I'm your present.

「ううん」
 ビュッデヒュッケ城の中庭で、シャロンはうなった。
 とがらせたり笑ったり舌を出したりと、いつもは忙しい口をへの字に曲げて考える。
「お嬢さん、悩みすぎはよくないですよ」
 ショーケースの前で仁王立ちされて、ゴードンが苦笑しながらシャロンにそう言う。しかし、シャロンはまだ悩んだままだ。
 彼女の買い物。それはフッチへのクリスマスプレゼントだった。
 クリスマスまであと一週間。
 シャロンにとっては、竜洞の外で過ごす初めてのクリスマスだ。
 しかも、嬉しいことにイブの夜はフッチと二人で過ごすことになる。(クリスマスパーティーは25日に城全体でやるのだが、イブは家族や恋人で過ごす人が多いため、イベントごとはない。フッチに他に一緒に過ごす人がいないのは調査済みだ)

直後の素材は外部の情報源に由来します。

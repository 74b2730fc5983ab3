//! How a leader's commit index moves on (Raft 2014, sections 5.3 and 5.4.2).

ghost use Rattle.std.specs.Prelude.{◌≡◌, ◌<◌, ◌≤◌, ℕ, false, true, length, max, take};
ghost use Rattle.rp_raftstep.specs.RaftState.{is_majority, with_node};
ghost use Rattle.rp_raftstep.specs.Step.{advanced, committable, is_committable, matched_by};
ghost use Rattle.rp_raft.specs.Plans.{CanHold, ahead, at_least, with_commit};

use crate::ahead::{last_in, term_in};
use crate::heads::{is_majority, place};
use rp_raftlog::{Entry, Log};
use rp_raftstep::{Head, Role};

/// How far the log of each node is known to be as the leader's, whose own reaches to `last`.
fn matched_by(head: &Head, last: u64) -> [u64; 5]
    ensures { result ≡ with_node head.now.matched head.now.node last }
{
    let mut matched = head.matched;
    matched[place(head.node)] = last;
    matched
}

/// Whether a majority has the entry with this index.
fn is_on_majority(head: &Head, matched: &[u64], index: u64) -> bool
    requires { length matched.now ≤ 5 }
    ensures { result ≡ is_majority head.now (at_least index matched.now) }
{
    let count = matched.iter().filter(|known| index <= **known).count();
    is_majority(head, count)
}

/// The reach with one index of the table more.
fn reach_with(head: &Head, matched: &[u64], reach: u64, known: u64) -> u64
    requires { length matched.now ≤ 5 }
    ensures more { reach ≤ result }
    ensures known { is_majority head.now (at_least known matched.now) ≡ true → known ≤ result }
{
    if reach < known && is_on_majority(head, matched, known) {
        return known;
    }
    reach
}

/// The greatest index that a majority has, or the commit index where that is greater.
fn reach(head: &Head, matched: &[u64]) -> u64
    requires { length matched.now ≤ 5 }
    ensures { (index : ℕ) → result < index
        → is_majority head.now (at_least index matched.now) ≡ false }
{
    let mut reach = head.commit;
    for known in matched {
        reach = reach_with(head, matched, reach, *known);
    }
    reach
}

/// Whether the entry there is of the present term, and a majority has it.
fn is_committable(head: &Head, log: &Log, added: &[Entry], matched: &[u64], index: u64) -> bool
    requires nodes { head.now.nodes ≤ 5 }
    requires matched { matched.now
        ≡ take head.now.nodes (matched_by (ahead head.now log.now.log added.now)) }
    ensures { result ≡ is_committable (ahead head.now log.now.log added.now) index }
{
    let present = head.term;
    term_in(log, added, index) == Some(present) && is_on_majority(head, matched, index)
}

/// The commit index, moved on to the greatest index of the present term that a majority has.
fn committed(head: &Head, log: &Log, added: &[Entry]) -> u64
    requires nodes { head.now.nodes ≤ 5 }
    requires hold { CanHold log.now.log added.now }
    ensures { result ≡ max head.now.commit (committable (ahead head.now log.now.log added.now)) }
{
    let last = last_in(log, added);
    let matched_by_all = matched_by(head, last);
    let matched = &matched_by_all[..usize::from(head.nodes)];
    let mut index = last.min(reach(head, matched));
    while head.commit < index {
        if is_committable(head, log, added, matched, index) {
            return index;
        }
        index -= 1;
    }
    head.commit
}

/// The commit index at the end of an event: a leader's moves on.
pub(crate) fn commit_after(head: &Head, log: &Log, added: &[Entry]) -> u64
    requires nodes { head.now.nodes ≤ 5 }
    requires hold { CanHold log.now.log added.now }
    ensures { ahead (with_commit head.now result) log.now.log added.now
        ≡ advanced (ahead head.now log.now.log added.now) }
{
    if head.role != Role::Leader {
        return head.commit;
    }
    committed(head, log, added)
}
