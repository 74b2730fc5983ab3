//! What a leader does with answers and payloads (Raft 2014, section 5.3).

ghost use Rattle.std.specs.Prelude.{◌≡◌, ◌+◌, ◌<◌, ◌^◌, OnOk};
ghost use Rattle.rp_raftlog.specs.LogState.{last_index};
ghost use Rattle.rp_raftstep.specs.Step.{on_append_reply, on_forward, on_match, on_mismatch, sends_to};
ghost use Rattle.rp_raft.specs.Held.{IsSound};
ghost use Rattle.rp_raft.specs.Plans.{Drafts, IsBegun, with_head};

use crate::drafts::one_entry;
use crate::heads::place;
use crate::plans::{LogEdit, RaftDraft};
use crate::rafts::Raft;
use rp_base::{Bytes, NoMemory, NodeId};
use rp_raftstep::{Due, Head, Role};

impl<S: Drop> Raft<S> {
    /// `AppendReply` of a mismatch: the peer is sent to from there on.
    #[cold]
    #[inline(never)]
    fn note_mismatch(&self, head: &mut Head, from: NodeId, index: u64) -> Due
        requires last { last_index self.now.raft.log + 1 < 2 ^ 64 }
        requires sound { IsSound (with_head self.now.raft head.old) }
        ensures notes { sends_to {S = S} (with_head self.now.raft head.new) result
            ≡ on_mismatch (with_head self.now.raft head.old) from index }
        ensures sound { IsSound (with_head self.now.raft head.new) }
    {
        let last = self.log.last().0;
        let known = head.matched[place(from)].max(index);
        head.next[place(from)] = known.min(last) + 1;
        Due::One(from)
    }

    /// `AppendReply` of a match: what is left is sent.
    fn note_match(&self, head: &mut Head, from: NodeId, index: u64) -> Due
        requires last { last_index self.now.raft.log + 1 < 2 ^ 64 }
        requires sound { IsSound (with_head self.now.raft head.old) }
        ensures notes { sends_to {S = S} (with_head self.now.raft head.new) result
            ≡ on_match (with_head self.now.raft head.old) from index }
        ensures sound { IsSound (with_head self.now.raft head.new) }
    {
        let last = self.log.last().0;
        let known = head.matched[place(from)].max(index);
        let ahead = head.next[place(from)]
            .max(known.min(last) + 1)
            .min(last + 1);
        head.matched[place(from)] = known;
        head.next[place(from)] = ahead;
        if ahead <= last {
            return Due::One(from);
        }
        Due::Nobody
    }

    /// `AppendReply`: what it makes of a head, and whom the leader sends to.
    pub(crate) fn note_reply(
        &self,
        head: &mut Head,
        from: NodeId,
        term: u64,
        ok: bool,
        index: u64,
    ) -> Due
        requires last { last_index self.now.raft.log + 1 < 2 ^ 64 }
        requires sound { IsSound (with_head self.now.raft head.old) }
        ensures notes { sends_to {S = S} (with_head self.now.raft head.new) result
            ≡ on_append_reply (with_head self.now.raft head.old) from term ok index }
        ensures sound { IsSound (with_head self.now.raft head.new) }
    {
        if head.role != Role::Leader || term != head.term {
            return Due::Nobody;
        }
        if ok {
            self.note_match(head, from, index)
        } else {
            self.note_mismatch(head, from, index)
        }
    }

    /// `AppendReply`.
    pub(crate) fn plan_append_reply(
        &self,
        draft: &mut RaftDraft<S>,
        from: NodeId,
        term: u64,
        ok: bool,
        index: u64,
    )
        requires begun { IsBegun self.now.raft draft.old }
        requires last { last_index self.now.raft.log + 1 < 2 ^ 64 }
        ensures { Drafts self.now.raft.log draft.new
            (on_append_reply (with_head self.now.raft draft.old.head) from term ok index) }
    {
        draft.due = self.note_reply(&mut draft.head, from, term, ok, index);
    }

    /// `Forward`.
    #[cold]
    #[inline(never)]
    pub(crate) fn plan_forward(
        &self,
        draft: &mut RaftDraft<S>,
        payload: Bytes,
    ) -> Result<(), NoMemory>
        requires begun { IsBegun self.now.raft draft.old }
        requires last { last_index self.now.raft.log + 1 < 2 ^ 64 }
        ensures { OnOk result (Drafts self.now.raft.log draft.new
            (on_forward (with_head self.now.raft draft.old.head) payload)) }
    {
        if draft.head.role != Role::Leader {
            return Ok(());
        }
        let entries = one_entry(self.alloc, draft.head.term, payload)?;
        draft.edit = LogEdit::Appends { entries };
        draft.due = Due::Everyone;
        Ok(())
    }
}
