//! A replica's Raft: how it begins, what it shows, and how it starts again.

ghost use Rattle.std.specs.Prelude.{◌≡◌, ◌+◌, ◌<◌, ◌≤◌, ◌^◌, option_copied, None, Some};
ghost use Rattle.rp_raftlog.specs.LogState.{entry_at, last_index, last_term, log_at};
ghost use Rattle.rp_raftstep.specs.RaftState.{is_leader, made_by_snap, restarted, revived, started};

use rp_base::NodeId;
use rp_raftlog::{Entry, Log};
use rp_raftstep::{Head, Role};
use std::alloc::Global;
use std::marker::{Model, PhantomData};

/// One replica's part in Raft. `S` is the type of snapshots. Contracts see its state, and apart
/// from it the spare room: how many entries its log takes without memory.
#[derive(Drop)]
pub struct Raft<S> {
    pub(crate) head: Head,
    pub(crate) log: Log,
    pub(crate) alloc: Global,
    of: PhantomData<S>,
}

impl<S> Model for Raft<S> {
    ghost use Rattle.rp_raft.specs.Held.{Held, IsSound};

    ghost Value = { Held };

    ghost view = { λ r. record {
      raft = record { head = r.head; log = r.log.log };
      spare = r.log.spare;
    } };

    ghost invariant = { λ r. IsSound (record { head = r.head; log = r.log.log }) };
}

/// A follower's head, of a term whose leader may be known, behind this base.
fn follower(node: NodeId, nodes: u8, term: u64, base: u64) -> Head
    requires { base + 1 < 2 ^ 64 }
    ensures { result ≡ (revived node nodes term None (log_at base 0) base).head }
{
    Head {
        node,
        nodes,
        term,
        vote: None,
        role: Role::Follower,
        leader: None,
        commit: base,
        votes: [false; 5],
        next: [base + 1; 5],
        matched: [0; 5],
        silent: 0,
        beat: 0,
    }
}

impl<S> Raft<S> {
    /// A replica at the start of a range: each node knows the leader of term 1 and has voted for
    /// it. It takes no memory.
    pub fn start(
        alloc: Global,
        node: NodeId,
        nodes: u8,
        leader: NodeId,
        base: (u64, u64),
    ) -> Raft<S>
        requires nodes { nodes ≤ 5 }
        requires index { base.0 + 1 < 2 ^ 64 }
        ensures { result.raft ≡ started node nodes leader base.0 base.1 }
    {
        let role = if node == leader {
            Role::Leader
        } else {
            Role::Follower
        };
        let head = Head {
            vote: Some(leader),
            role,
            leader: Some(leader),
            ..follower(node, nodes, 1, base.0)
        };
        Raft {
            head,
            log: Log::at(alloc, base.0, base.1),
            alloc,
            of: PhantomData,
        }
    }

    /// A replica that the snapshot of a leader makes. It takes no memory.
    pub fn from_snap(
        alloc: Global,
        node: NodeId,
        nodes: u8,
        term: u64,
        from: NodeId,
        base: (u64, u64),
    ) -> Raft<S>
        requires nodes { nodes ≤ 5 }
        requires index { base.0 + 1 < 2 ^ 64 }
        ensures { result.raft ≡ made_by_snap node nodes term from base.0 base.1 }
    {
        let head = Head {
            leader: Some(from),
            ..follower(node, nodes, term, base.0)
        };
        Raft {
            head,
            log: Log::at(alloc, base.0, base.1),
            alloc,
            of: PhantomData,
        }
    }

    /// A replica made of what was kept, as after a restart. It takes no memory.
    pub fn revived(
        alloc: Global,
        node: NodeId,
        nodes: u8,
        term: u64,
        vote: Option<NodeId>,
        log: Log,
        applied: u64,
    ) -> Raft<S>
        requires nodes { nodes ≤ 5 }
        requires index { log.log.base + 1 < 2 ^ 64 }
        ensures { result.raft ≡ revived node nodes term vote log.log applied }
    {
        let head = Head {
            vote,
            commit: applied,
            ..follower(node, nodes, term, log.base().0)
        };
        Raft {
            head,
            log,
            alloc,
            of: PhantomData,
        }
    }

    /// The replica after a restart: term, vote and log stay, and of the commit index what is
    /// applied.
    pub fn restart(&mut self, applied: u64)
        ensures raft { self.new.raft ≡ restarted applied self.old.raft }
        ensures room { self.old.spare ≤ self.new.spare }
    {
        let old = self.head;
        let base = self.log.base().0;
        self.head = Head {
            vote: old.vote,
            commit: applied,
            ..follower(old.node, old.nodes, old.term, base)
        };
    }

    /// The replica's own node.
    pub fn node(&self) -> NodeId
        ensures { result ≡ self.now.raft.head.node }
    {
        self.head.node
    }

    /// The term that it is in.
    pub fn term(&self) -> u64
        ensures { result ≡ self.now.raft.head.term }
    {
        self.head.term
    }

    /// Who has this replica's vote in the term.
    pub fn vote(&self) -> Option<NodeId>
        ensures { result ≡ self.now.raft.head.vote }
    {
        self.head.vote
    }

    /// Who leads the term, if that is known.
    pub fn leader(&self) -> Option<NodeId>
        ensures { result ≡ self.now.raft.head.leader }
    {
        self.head.leader
    }

    /// Whether it leads its term.
    pub fn is_leader(&self) -> bool
        ensures { result ≡ is_leader self.now.raft.head.role }
    {
        self.head.role == Role::Leader
    }

    /// The greatest index that is known to be committed.
    pub fn commit_index(&self) -> u64
        ensures { result ≡ self.now.raft.head.commit }
    {
        self.head.commit
    }

    /// The index and the term of the log's base.
    pub fn base(&self) -> (u64, u64)
        ensures index { result.0 ≡ self.now.raft.log.base }
        ensures term { result.1 ≡ self.now.raft.log.base_term }
    {
        self.log.base()
    }

    /// The index and the term of the log's last entry, or the base's.
    pub fn last(&self) -> (u64, u64)
        ensures index { result.0 ≡ last_index self.now.raft.log }
        ensures term { result.1 ≡ last_term self.now.raft.log }
    {
        self.log.last()
    }

    /// The entry with this index.
    pub fn entry(&self, index: u64) -> &Entry
        requires behind { self.now.raft.log.base < index }
        requires within { index ≤ last_index self.now.raft.log }
        ensures { entry_at self.now.raft.log index ≡ Some result.now }
    {
        self.log.entry_at(index).unwrap()
    }

    /// The entry with this index: `None` exactly where the index is at or below the base or past
    /// the last.
    pub fn entry_at(&self, index: u64) -> Option<&Entry>
        ensures { option_copied result ≡ entry_at self.now.raft.log index }
    {
        self.log.entry_at(index)
    }
}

 これを機会にフッチに告白! とまではいかないまでも、少しはフッチの気をひきたい。だから、できるだけフッチの気に入るようなプレゼントを用意したいのだけど。
「結構……難しいな」
 ショーケースをにらみながら、シャロンはまたうなる。
 竜洞の外で迎えるクリスマスは、自然にフッチと二人きりになれて嬉しいのだけど、その反面お小遣いに余裕がなくて、なかなか大人の男に似合うようなかっこいい品物には手が届かない。
 フッチのことだから、何をあげてもそれなりに喜ぶのはわかっているけど、折角のイベントだというのに、子供らしいプレゼントだとほほえましい気持ちになられては、意味がない。
「やっぱり手作りとかにしたほうがいいかなあ」
 セーターや手袋、食べ物ならば、材料費だけですむからシャロンのお小遣いでもなんとかなる。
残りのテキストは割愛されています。